Diffusion-based approaches have recently demonstrated strong performance for single-image novel view synthesis by conditioning generative models on geometry inferred from monocular depth estimation. However, in practice, the quality and consistency of the synthesized views are fundamentally limited by the reliability of the underlying depth estimates, which are often fragile under low texture, adverse weather, and occlusion-heavy real-world conditions. In this work, we show that incorporating sparse multimodal range measurements provides a simple yet effective way to overcome these limitations. We introduce a multimodal depth reconstruction framework that leverages extremely sparse range sensing data, such as automotive radar or LiDAR, to produce dense depth maps that serve as robust geometric conditioning for diffusion-based novel view synthesis. Our approach models depth in an angular domain using a localized Gaussian Process formulation, enabling computationally efficient inference while explicitly quantifying uncertainty in regions with limited observations. The reconstructed depth and uncertainty are used as a drop-in replacement for monocular depth estimators in existing diffusion-based rendering pipelines, without modifying the generative model itself. Experiments on real-world multimodal driving scenes demonstrate that replacing vision-only depth with our sparse range-based reconstruction substantially improves both geometric consistency and visual quality in single-image novel-view video generation. These results highlight the importance of reliable geometric priors for diffusion-based view synthesis and demonstrate the practical benefits of multimodal sensing even at extreme levels of sparsity.

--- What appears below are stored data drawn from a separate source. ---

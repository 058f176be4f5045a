// The run on the marked list.
ghost use Rattle.std.specs.Prelude.{◌≡◌, ◌<◌, ◌≤◌, ◌+◌, IfOk, IfErr, OnOk, length};
ghost use Rattle.formal_sums.specs.FormalSums.{Each};
ghost use Rattle.term_lists.specs.Rings.{ring_comparison};
ghost use Rattle.term_lists.specs.Vectors.{AreVectorsOver, HasPositions};
ghost use Rattle.risen_counts.specs.Counts.{RoseAtMost};
ghost use Rattle.groebner_iface.specs.Calls.{CallStops, NoTrail};
ghost use Rattle.groebner_iface.specs.Runs.{IsReducedBasisOf};
ghost use Rattle.syzygy_engine.specs.Marking.{AreMarked, IsMarkedRun, position_ring};

use crate::marking::{by_position, first_mark, marked_list};
use groebner_iface::{Groebner, OpStop};
use module_vectors::{Ring, VectList, lawful_setting};
use risen_counts::counted_times;
use std::alloc::Global;
use std::sync::Wait;
use std::thread::Threads;

/// The ring, position over term, and over it the reduced basis of the marked list.
pub(crate) fn marked_basis<R: Threads + Wait + Sync, B: Groebner>(
    rt: &R,
    alloc: Global,
    engine: &mut B,
    ring: &Ring,
    rank: u128,
    list: &VectList,
) -> Result<(Ring, VectList), OpStop>
    requires vectors { AreVectorsOver ring.now (ring_comparison ring.now) list.now }
    requires positions { Each (HasPositions rank) list.now }
    requires room { rank < 9223372036854775808 }
    ensures ring { IfOk result (λ r. r.0 ≡ position_ring ring.now) }
    ensures basis { IfOk result (λ r. (done : _) × AreMarked ring.now rank list.now done
        × IsReducedBasisOf (position_ring ring.now) (rank + length list.now) done r.1) }
    ensures same { OnOk result ((B.stops engine.new ≡ B.stops engine.old) × (B.stopped engine.new ≡ B.stopped engine.old)) }
    ensures stop { IfErr result (CallStops (IsMarkedRun ring.now rank list.now) NoTrail
        (B.stops engine.old) (B.stops engine.new) (B.stopped engine.old) (B.stopped engine.new)) }
    ensures later { B.stops engine.old ≤ B.stops engine.new }
    ensures runs { RoseAtMost 1 (B.runs engine.old) (B.runs engine.new) }
    ensures settings { B.settings engine.new ≡ B.settings engine.old }
{
    counted_times();
    lawful_setting(ring);
    let by_position = by_position(alloc, ring)?;
    let marked = marked_list(alloc, ring, &by_position, first_mark(rank), list)?;
    match engine.reduced(rt, alloc, &by_position, rank + list.len() as u128, &marked) {
        Ok(basis) => Ok((by_position, basis)),
        Err(stop) => Err(OpStop::from(stop)),
    }
}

Paper Structure (9 sections, 14 equations, 3 figures, 2 tables)

This paper contains 9 sections, 14 equations, 3 figures, 2 tables.

Figures (3)

  • Figure 1: Overview of the proposed multimodal single-image novel-view synthesis pipeline. Sparse range sensing measurements are first processed by the proposed GP-based depth reconstruction module to produce a dense depth map. The reconstructed depth and the input RGB image are used to form a colored 3D point cloud, which is rendered along a target camera trajectory to generate sparse novel-view conditioning frames. These rendered frames are provided as geometric conditioning to a diffusion model, which synthesizes a temporally consistent video at the target viewpoints.

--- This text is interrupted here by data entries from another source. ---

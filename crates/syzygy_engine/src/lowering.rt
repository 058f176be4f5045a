// The members of a basis that stand at the marks alone, moved to the front.
ghost use Rattle.std.specs.Prelude.{◌≡◌, ◌++◌, ◌∷◌, ◌≤◌, [], ℕ, List, true, IfOk, OnOk};
ghost use Rattle.formal_sums.specs.FormalSums.{Each, FormalSum};
ghost use Rattle.division_laws.specs.Elimination.{is_from_position};
ghost use Rattle.syzygy_laws.specs.Kernels.{all_kept, kernel_of, lowered};
ghost use Rattle.term_lists.specs.Rings.{ring_comparison, variables};
ghost use Rattle.term_lists.specs.Vectors.{AreTermsOver, AreVectorsOver, IsVectorOver, StandsFor, sum_of, sums_of};
ghost use Rattle.syzygy_engine.specs.Marking.{StandOneByOne, lowered_terms};

use module_vectors::{Key, NoMemory, Ring, Vect, VectList};
use std::alloc::Global;

/// Does each term stand at this position or a later one?
pub(crate) fn is_from(v: &Vect, position: u64) -> bool
    ensures { (n : ℕ) → result ≡ all_kept (is_from_position position) (sum_of n v.now) }
{
    for term in v.terms() {
        if term.0.position < position {
            return false;
        }
    }
    true
}

// Lowers each position, in place.
fn lower_terms(terms: &mut Vec<(Key, u32)>, by: u64)
    requires { Each (λ t. by ≤ t.0.position) terms.old.items }
    ensures { terms.new.items ≡ lowered_terms by terms.old.items }
{
    for i in 0..terms.len() {
        let position = terms[i].0.position - by;
        terms[i].0.position = position;
    }
}

/// The vector, its positions lowered, in the ring's own order. Its terms are moved.
pub(crate) fn lowered_vector(alloc: Global, ring: &Ring, v: Vect, by: u64) -> Result<Vect, NoMemory>
    requires terms { AreTermsOver ring.now v }
    requires from { all_kept (is_from_position by) (sum_of (variables ring.now) v) ≡ true }
    ensures vector { IfOk result (IsVectorOver ring.now (ring_comparison ring.now)) }
    ensures sum { let n = variables ring.now in IfOk result (λ u. StandsFor ring.now u (lowered by (sum_of n v))) }
{
    let mut terms = v.into_terms();
    lower_terms(&mut terms, by);
    Vect::from_terms(alloc, ring, terms)
}

// Puts a member, lowered, behind the others where it stands at this position and later ones alone.
fn take_member(
    alloc: Global,
    ring: &Ring,
    v: Vect,
    position: u64,
    kernel: &mut Vec<Vect>,
) -> Result<(), NoMemory>
    requires { AreTermsOver ring.now v }
    ensures vectors { AreVectorsOver ring.now (ring_comparison ring.now) kernel.old.items
        → OnOk result (AreVectorsOver ring.now (ring_comparison ring.now) kernel.new.items) }
    ensures stand { let n = variables ring.now in (G : List (FormalSum (variables ring.now))) → StandOneByOne ring.now kernel.old.items (kernel_of position G)
        → OnOk result (StandOneByOne ring.now kernel.new.items (kernel_of position (G ++ sum_of n v ∷ []))) }
{
    if !is_from(&v, position) {
        return Ok(());
    }
    kernel.push(lowered_vector(alloc, ring, v, position)?)?;
    Ok(())
}

/// The members of a basis that stand at this position and later ones alone, lowered, in the ring's own order. Their terms
/// are moved.
pub(crate) fn kernel_part(
    alloc: Global,
    ring: &Ring,
    basis: VectList,
    position: u64,
) -> Result<VectList, NoMemory>
    requires { Each (AreTermsOver ring.now) basis }
    ensures vectors { IfOk result (AreVectorsOver ring.now (ring_comparison ring.now)) }
    ensures kernel { let n = variables ring.now in IfOk result (λ kernel. StandOneByOne ring.now kernel (kernel_of position (sums_of n basis))) }
{
    let mut kernel = Vec::new(alloc);
    for v in basis.into_vec() {
        take_member(alloc, ring, v, position, &mut kernel)?;
    }
    Ok(VectList::from_vec(kernel))
}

  • Figure 2: Illustration of the proposed localized Gaussian Process depth reconstruction in the angular domain. Left: Sparse radar range measurements represented in azimuth–elevation space, with the current target viewing direction indicated. Right: Zoomed-in view around the target location, highlighting the local neighborhood used for Gaussian Process inference. Only range measurements within this localized region contribute to the depth estimation at the target direction, enabling efficient and spatially adaptive depth reconstruction from sparse observations.

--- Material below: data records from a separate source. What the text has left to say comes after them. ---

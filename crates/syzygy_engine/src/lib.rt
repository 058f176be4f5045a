//! Syzygies of a list of vectors, also modulo another list, and lifts to a list, over any engine that computes reduced
//! Gröbner bases.
//!
//! A run shows both: each vector of the list gets a mark of its own, 1 at a position behind those of the rank, position
//! over term. The members of the basis that stand at the marks alone are the syzygies, and what a division leaves of a
//! vector at the marks is, with the other sign, its lift (UAG chapter 5, section 3). Vectors that the syzygies are modulo
//! stand in the run's list without marks: `kernel_modulo` computes all kernels, those of `syzygies` modulo no vectors.
#![tactic(auto)]

mod generating;
mod laws;
mod lifting;
mod lowering;
mod marked_runs;
mod marking;
mod modulo;

pub use generating::syzygies;
pub use groebner_iface::OpStop;
pub use laws::{one_lift, shown_kernels};
pub use lifting::lift;
pub use marking::{by_position, first_mark};
pub use modulo::{followed, kernel_modulo};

  • Figure 3: Qualitative comparison on single-image novel-view synthesis on the View-of-Delft dataset. From left to right, we show the input image, the novel view generated by GEN3C ren2025gen3c using its default monocular depth estimator, MoGe wang2025moge, the novel view generated by GEN3C when replacing monocular depth with our sparse range-sensor depth reconstruction module, and the ground-truth target view. For each generated view, we report LPIPS with respect to the ground truth (lower is better). Across all examples, our depth reconstruction yields consistently lower LPIPS and improved geometric alignment, underscoring the importance of reliable geometry for diffusion-based rendering from single-view inputs.